El hecho diferencial es que este torero cada vez que se anuncia pone en movimiento un formidable aparato compuesto por su cohorte de seguidores, con esa procesión laica que le sigue por todas partes y que a mí me recuerda al cortejo que montó la reina Doña Juana en pos del féretro de su esposo muerto, con los torillos que le convienen, con los compañeros que estima adecuados para que le arropen perfectamente por delante y por detrás y con una troupe de juglares para cantar sus hazañas. Véase la diferencia entre lo que pone éste y lo que ponen los demás. Y la pena de éste en esta feria de Abril que va paseando por pueblos y ciudades, es que aunque se las pongan como a Fernando VII, el hombre sigue sin rascar bola.

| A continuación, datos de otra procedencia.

// The numbers of workers: jobs left, stored, known, empty, dropped and stopped, and guesses for which there was no room; and
// their line.
static WORKERS: [([u64; 7], &str); 3] = [
    (
        [0, 4, 0, 0, 0, 0, 0],
        "asc: ran 4 left 0 stored 4 known 0 empty 0 dropped 0 stopped 0 full 0\n",
    ),
    (
        [20, 300, 4000, 50_000, 600_000, 7_000_000, 80_000_000],
        "asc: ran 7654300 left 20 stored 300 known 4000 empty 50000 dropped 600000 stopped 7000000 full 80000000\n",
    ),
    (
        [u64::MAX, FIFTH, FIFTH, FIFTH, FIFTH, FIFTH, u64::MAX],
        "asc: ran 18446744073709551615 left 18446744073709551615 stored 3689348814741910323 \
         known 3689348814741910323 empty 3689348814741910323 dropped 3689348814741910323 \
         stopped 3689348814741910323 full 18446744073709551615\n",
    ),
];

// The numbers of workers, whose jobs that were run are those in the columns.
fn workers_of<R: Abort>(rt: &R, numbers: [u64; 7]) -> WorkerCounts {
    let [left, stored, known, empty, dropped, stopped, full] = numbers;
    assert!(rt; stored <= FIFTH && known <= FIFTH && empty <= FIFTH);
    assert!(rt; dropped <= FIFTH && stopped <= FIFTH);
    let tally = Tally {
        ran: stored + known + empty + dropped + stopped,
        stored,
        known,
        empty,
        dropped,
        stopped,
    };
    WorkerCounts { tally, left, full }
}

// Whether this is the text of a conclusion, and all bytes behind it stay.
fn is_text(conclusion: Conclusion, want: &str) -> bool {
    let mut into = [0xEE; 512];
    let length = text(&conclusion, &mut into);
    &into[..length] == want.as_bytes() && into[length..].iter().all(|byte| *byte == 0xEE)
}

#[test]
fn answers(rt: HostRuntime) -> Result<(), Fail> {
    let alloc = rt.alloc();
    for (answer, code, line) in &ANSWERS {
        assert_eq!(rt; answer.code(), *code, "code of {line}");
        let mut conclusion = Conclusion::of(*answer);
        assert!(rt; is_text(conclusion, line), "text of {line}");
        for (counts, numbers) in &NUMBERS {
            conclusion.counts = Some(*counts);
            conclusion.workers = None;
            let want = format!(in alloc; "{line}{numbers}")?;
            assert!(rt; is_text(conclusion, want.as_str()), "{want}");
            for (workers, more) in &WORKERS {
                conclusion.workers = Some(workers_of(&rt, *workers));
                let want = format!(in alloc; "{line}{numbers}{more}")?;
                assert!(rt; is_text(conclusion, want.as_str()), "{want}");
            }
        }
    }
    Ok(())
}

El otro día en Linares, lo mismo: triunfo para Curro Díaz y el Comandante de Puesto que se vuelve al cuartelillo con la cara un poco más agria, viendo cómo el Titanic éste tan falso que se han montado hace aguas. Llevamos seis comparecencias en las que siempre ha sido otro el que ha triunfado, en los términos en los que los cobistas del Pétreo de Galapagar entienden el triunfo. Seis decepciones para esos públicos que esperaban ver o la inmolación de un hombre sin apego al cuerpo o la transubstanciación del toreo, o el fin de los tiempos, o el acabose, ¡qué sé yo! Bueno, pues ni lo uno ni lo otro. Un tío, un torillo y las cosas que ruedan mejor o peor, como a todos. Y la temporada a su rollo, sin que las idas y venidas del pétreo levanten más interés que el de sus harekrisnas, las fuerzas vivas de las localidades en las que se anuncia y los hagiógrafos de turno.
A este José Tomás le pasa como a Sean Connery en ‘El hombre que pudo reinar’, que le han tomado por el hijo de Sikander, Alejandro Magno, venido del fondo de los tiempos; pero aquí sólo hay un hombre, y si sangra, y hemos visto su sangre, ya sabemos que su naturaleza no es divina.